Seeing patients going through her hospital and dealing with big insurance bureaucracies, Elizabeth knows how a rise in income or change in marital status can create a gap in eligibility for certain benefits. She fears that the various student debt repayment programs have opened up this gap for the middle class.
I asked Elizabeth if she could make a $1,000-plus payment right now. “I feasibly could, but what would that mean for me?” she replied. “It means still driving my 2002 Camry until I run it into the ground. It means my wife and I don’t get to do IVF [in vitro fertilization]. I’m 32, she’s 35, we’d love to have children but have to do IVF, that’s three grand out of the gate.” This is a good example of how student debt constrains life choices, and even holds back economic growth.
Kyra Taylor
This last story is unusual because Kyra is a student loan expert. She is a staff attorney with the National Consumer Law Center who previously worked on the Project on Predatory Student Lending at Harvard Law School. But she also has six-figure student loan debt from her undergrad career at Temple University and her law school days at UC Berkeley.
She was in an income-driven repayment program before the pandemic, and switched it as the payment pause began. Then, because she is enrolled in the Public Service Loan Forgiveness program, her loan was transferred to MOHELA. Like Mitra Niknam, Kyra’s monthly payment suddenly increased tenfold.
As a student loan attorney, Kyra had heard about problems like miscalculated payments or enrollment in the wrong payment plan occurring during the frenzied period before resumption of payments.

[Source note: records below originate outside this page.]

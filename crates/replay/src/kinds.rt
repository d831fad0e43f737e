//! Vectors of the table of opcodes: a prefix byte or `none`, a number, the kind of its operands or `-` where it is no
//! opcode, and the name of an instruction.

use crate::columns::columns;
use crate::mismatch::Mismatch;
use wasm_encoder::{Kind, Opcode, Prefix, opcode_name};

/// Holds the table to the vector of a line.
pub fn check(line: &str) -> Result<(), Mismatch> {
    let (opcode, kind, name) = columns(line)?;
    let opcode = parse(opcode).ok_or(Mismatch::NotUnderstood)?;
    if opcode.kind().map_or("-", kind_name) != kind {
        return Err(Mismatch::Kind);
    }
    if opcode_name(opcode).unwrap_or("") != first_word(name) {
        return Err(Mismatch::Name);
    }
    Ok(())
}

/// The first word, as of `select with one type`.
fn first_word(name: &str) -> &str {
    match name.split_once(' ') {
        Some((word, _)) => word,
        None => name,
    }
}

fn parse(column: &str) -> Option<Opcode> {
    let (prefix, number) = column.split_once(' ')?;
    let prefix = match prefix {
        "none" => Prefix::None,
        "FB" => Prefix::Fb,
        "FC" => Prefix::Fc,
        "FD" => Prefix::Fd,
        "FE" => Prefix::Fe,
        _ => return None,
    };
    let number = number.parse().ok()?;
    Some(Opcode { prefix, number })
}

fn kind_name(kind: Kind) -> &'static str {
    match kind {
        Kind::None => "None",
        Kind::Block => "Block",
        Kind::Index => "Index",
        Kind::TwoIndexes => "TwoIndexes",
        Kind::BrTable => "BrTable",
        Kind::Types => "Types",
        Kind::TryTable => "TryTable",
        Kind::Mem => "Mem",
        Kind::I32 => "I32",
        Kind::I64 => "I64",
        Kind::F32 => "F32",
        Kind::F64 => "F64",
        Kind::Heap => "Heap",
        Kind::Resume => "Resume",
        Kind::ResumeThrow => "ResumeThrow",
        Kind::Cast => "Cast",
        Kind::V128 => "V128",
        Kind::Shuffle => "Shuffle",
        Kind::Lane => "Lane",
        Kind::MemLane => "MemLane",
        Kind::Order => "Order",
        Kind::OrderIndex => "OrderIndex",
        Kind::OrderTwoIndexes => "OrderTwoIndexes",
    }
}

But this particular student borrower was the least likely in America to allow a servicer to get away with a miscalculation of that magnitude.
“I filed a complaint with MOHELA, and they reiterated that the payment amount was correct, but did not explain how they had calculated that amount,” Kyra told me. “I reached out to the Federal Student Loan ombudsman’s office for help, and MOHELA indicated that they would fix the issue.” But MOHELA’s idea of fixing it was asking Kyra to reapply for income-driven repayment. After she contacted the student loan ombudsman, they stepped in again, and the situation was somewhat resolved, “although, I am still enrolled in the wrong plan,” Kyra said.
Kyra conceded that she could navigate the system because she was an expert and an attorney, who knew the proper calculations and who to contact when there was a problem. Many borrowers who receive a high bill aren’t so well situated to respond. “Too often, when servicers make mistakes, borrowers are left paying the price, often with money they couldn’t afford to lose in the first place,” she said.
Putting her expert hat on, Kyra said that any borrower who thinks their servicer miscalculated their payment amount should contact the ombudsman’s office, and file a complaint with the Consumer Financial Protection Bureau.
She added that President Biden’s “on-ramp” that delays consequences for delinquent payments is critical, “so that borrowers are not forced to choose between paying for food or paying their loan bill. However, I am worried that without further auditing and tighter oversight these issues will continue even after the on-ramp expires.”